Work to be completed → All lines from the one containing "pub(crate) const HOOK: &str" down to the one containing "pub(crate) const TWICE: &str", both ends included, are to be given again exactly; omit the rest of the listing below.
(Data excerpts begins)
//! Why something is left out, set or refused.

pub(crate) const NOT_GIVEN: &str = "no file of that name is given";

pub(crate) const INCLUDED_ALREADY: &str = "the file is included already";

pub(crate) const NOT_INCLUDED: &str = "no file includes it";

pub(crate) const UNENDED: &str = "a comment or string has no end";

pub(crate) const NO_TOKEN: &str = "nothing of OIL begins here";

pub(crate) const DIRECTIVE: &str = "of the preprocessor only #include is read";

pub(crate) const MISPLACED: &str = "it can't stand here; maybe a ; is missing before it";

pub(crate) const NOTHING_TO_CLOSE: &str = "no brace is open";

pub(crate) const NOT_CLOSED: &str = "a brace isn't closed";

pub(crate) const OTHER_VERSION: &str = "read as 2.5";

pub(crate) const NO_VERSION: &str = "it is missing";

pub(crate) const IMPLEMENTATION: &str = "only the defaults of attributes are read in it";

pub(crate) const IMPLEMENTED: &str = "it is missing, and the IMPLEMENTATION has that default";

pub(crate) const BLOCK_OF_DEFAULT: &str =
    "it is missing, and the block of an IMPLEMENTATION's default isn't read";

pub(crate) const OUTSIDE: &str = "nothing but a CPU is read here";

pub(crate) const SECOND_CPU: &str = "there is one CPU";

pub(crate) const NO_CPU: &str = "it is missing";

pub(crate) const NO_NAME: &str = "a name is wanted behind it";

pub(crate) const NO_VALUE: &str = "a value is wanted behind it";

pub(crate) const BAD_NAME: &str =
    "a name is a letter or _, then letters, digits and _, at most 32; INVALID and r0 to r7 are none";

pub(crate) const LONG: &str = "a name has at most 32 letters here";

pub(crate) const NO_END: &str =
    "a name has at most 32 letters, and the end of this one is no name, or another's too";

pub(crate) const UNKNOWN_KIND: &str = "there are no objects of that kind";

pub(crate) const COMMUNICATION: &str = "communication and network management are left out";

pub(crate) const UNKNOWN_ATTRIBUTE: &str = "there is no such attribute";

pub(crate) const BUDGETS: &str =
    "there is no such attribute; --work takes an EXECUTIONBUDGET in it";

pub(crate) const CLASS: &str = "the conformance class follows from the objects";

pub(crate) const SCHEDULING: &str = "each task has its own SCHEDULE";

pub(crate) const NO_HOOK_CODE: &str = "hooks have no code, so nothing asks for it";

pub(crate) const HOOK: &str = "its calls are recorded; code of its own isn't run";

pub(crate) const DIVIDES: &str = "the counter grows once in so many ticks";

pub(crate) const RES_SCHEDULER_IS_THERE: &str = "it is there without being declared";

pub(crate) const RES_SCHEDULER_IS_OPEN: &str = "it is open to every task";

pub(crate) const TWICE: &str = "it stands a second time";

pub(crate) const NAMED_ALREADY: &str = "that name stands in the list already";

pub(crate) const MISSING: &str = "it is missing";

pub(crate) const AUTOMATIC: &str = "it stood as AUTO";

pub(crate) const NOT_CHOSEN: &str = "AUTO can't be chosen here";

pub(crate) const ONE_MODE: &str = "it is missing, and there is no other mode";

pub(crate) const MODES_WANTED: &str = "it is missing, and there are several modes";

pub(crate) const DEFAULT_MODE: &str = "it is there without being declared";

pub(crate) const UNKNOWN_REFERENCE: &str = "no object of that kind has the name";

pub(crate) const EXTENDED_STATUS: &str = "EXTENDED or STANDARD is wanted";

pub(crate) const STANDARD_STATUS: &str = "read as EXTENDED, so more errors are found here";

pub(crate) const RENUMBERED: &str = "only the order of priorities counts; they are numbered anew";

pub(crate) const TOO_FAR: &str = "a counter counts to at most that here, so it wraps sooner";

pub(crate) const COUNTS_TICKS: &str =
    "it counts ticks here, as every counter, whatever counts it up elsewhere";

pub(crate) const NOT_ZERO: &str = "it is 1 or more";

pub(crate) const OTHER_ACTION: &str =
    "it is load that has to be expressed: give an ALARM or an ISR that does it";

pub(crate) const XML: &str =
    "this is XML; of AUTOSAR's descriptions (ARXML) none is read, only OIL";

pub(crate) const SWITCH: &str = "TRUE or FALSE is wanted";

pub(crate) const PRIORITIES_OF_TASKS: &str =
    "a task's priority is 0 to 63; greater ones are numbered anew if at most 64 differ";

pub(crate) const PRIORITIES_OF_ROUTINES: &str =
    "a routine's priority is 0 to 31; greater ones are numbered anew if at most 32 differ";

pub(crate) const SCHEDULES: &str = "NON or FULL is wanted";

pub(crate) const ACTIVATIONS: &str = "a task has 1 to 15 activations";

pub(crate) const CATEGORIES: &str = "there are only routines of category 2";

pub(crate) const OTHER_CATEGORY: &str =
    "there are only routines of category 2; --bend takes it as one";

pub(crate) const BENT_CATEGORY: &str =
    "taken as 2: it waits for the end of a tick, of another routine and of suspended interrupts";

pub(crate) const BENT_PRIORITY: &str =
    "it is missing, and a routine of category 1 or 3 comes before those of category 2";

pub(crate) const PROPERTIES: &str = "a resource is STANDARD, INTERNAL or LINKED";

pub(crate) const LINKED: &str =
    "a resource of its own; who lists one that is linked lists all, so their ceiling is one";

pub(crate) const NO_LINK: &str =
    "it is linked to no standard resource: to none, to an internal one, or in a circle";

pub(crate) const ONE_CEILING: &str = "it is linked to one in the list, and their ceiling is one";

pub(crate) const MASKS: &str = "AUTO or 1 to 4294967295 is wanted";

pub(crate) const EXPIRY: &str = "an alarm for each action of a table, called TABLE_OFFSET";

pub(crate) const EXPIRY_NAMED: &str = "another alarm has that name; rename the table or that one";

pub(crate) const EXPIRY_UNNAMED: &str =
    "an alarm TABLE_OFFSET stands for it, but no end of 32 letters of that is a name";

pub(crate) const NO_EXPIRIES: &str = "it has no ACTION, so it does nothing";

pub(crate) const BEYOND_TABLE: &str =
    "a point lies within the DURATION of its table, before its end if it repeats";

pub(crate) const BEYOND_COUNTER: &str =
    "with the table's start it is above MAXALLOWEDVALUE of the counter, so no alarm can say it";

pub(crate) const CYCLE: &str =
    "the cycle of an alarm is MINCYCLE to MAXALLOWEDVALUE of its counter";

pub(crate) const IN_TICK_ZERO: &str =
    "no alarm expires in tick 0, so first a DURATION later; an AUTOSTART can start a task there";

pub(crate) const NEVER: &str =
    "no alarm expires in tick 0, and the table doesn't repeat; an AUTOSTART can start a task there";

pub(crate) const NOT_STARTED: &str =
    "no service starts a table here: without an AUTOSTART = TRUE its alarms don't expire";

pub(crate) const START_WANTED: &str = "a number is wanted in it: the count at which it starts";

pub(crate) const START_TWICE: &str =
    "a number stands before it, and one alone is the count at which the table starts";

pub(crate) const START_TYPES: &str = "a table starts at ABSOLUTE or RELATIVE counts";

pub(crate) const SYNCHRONIZED: &str =
    "no service adjusts a table here; --bend takes it as one that is never adjusted";

pub(crate) const BENT_SYNCHRONIZED: &str =
    "never adjusted here: the distances of its points are always those that it says";

pub(crate) const LOAD: &str = "it may be load, and isn't known here: give an ACTION that does it";

pub(crate) const ACTIONS: &str =
    "an alarm activates a task or sets an event; callbacks can't be expressed";

pub(crate) const NUMBERS: &str = "a number is wanted, 0 to 4294967295";

pub(crate) const ROUTINES_RESOURCE: &str =
    "an interrupt routine can't get resources; --bend leaves it out";

pub(crate) const SHARED_RESOURCE: &str =
    "of no effect: the routine can interrupt a task that holds it, unless it suspends interrupts";

pub(crate) const RESOURCE_OF_ROUTINES: &str =
    "no task lists it, and routines don't interrupt each other";

pub(crate) const ONE_ACTIVATION: &str = "an extended task, which lists events, has one activation";

pub(crate) const BASIC_TASK: &str = "the task lists no events, so none can be set for it";

pub(crate) const TOO_MANY_MODES: &str = "there are at most 8";

pub(crate) const TOO_MANY_TASKS: &str = "there are at most 64";

pub(crate) const TOO_MANY_ROUTINES: &str = "there are at most 16";

pub(crate) const TOO_MANY_RESOURCES: &str = "there are at most 32";

pub(crate) const TOO_MANY_COUNTERS: &str = "there are at most 8";

pub(crate) const ONE_OS: &str = "there is one OS object";

pub(crate) const NOT_READ: &str = "what it becomes is no system that can be read";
(Data excerpts ends)
Completed task →
pub(crate) const HOOK: &str = "its calls are recorded; code of its own isn't run";

pub(crate) const DIVIDES: &str = "the counter grows once in so many ticks";

pub(crate) const RES_SCHEDULER_IS_THERE: &str = "it is there without being declared";

pub(crate) const RES_SCHEDULER_IS_OPEN: &str = "it is open to every task";

pub(crate) const TWICE: &str = "it stands a second time";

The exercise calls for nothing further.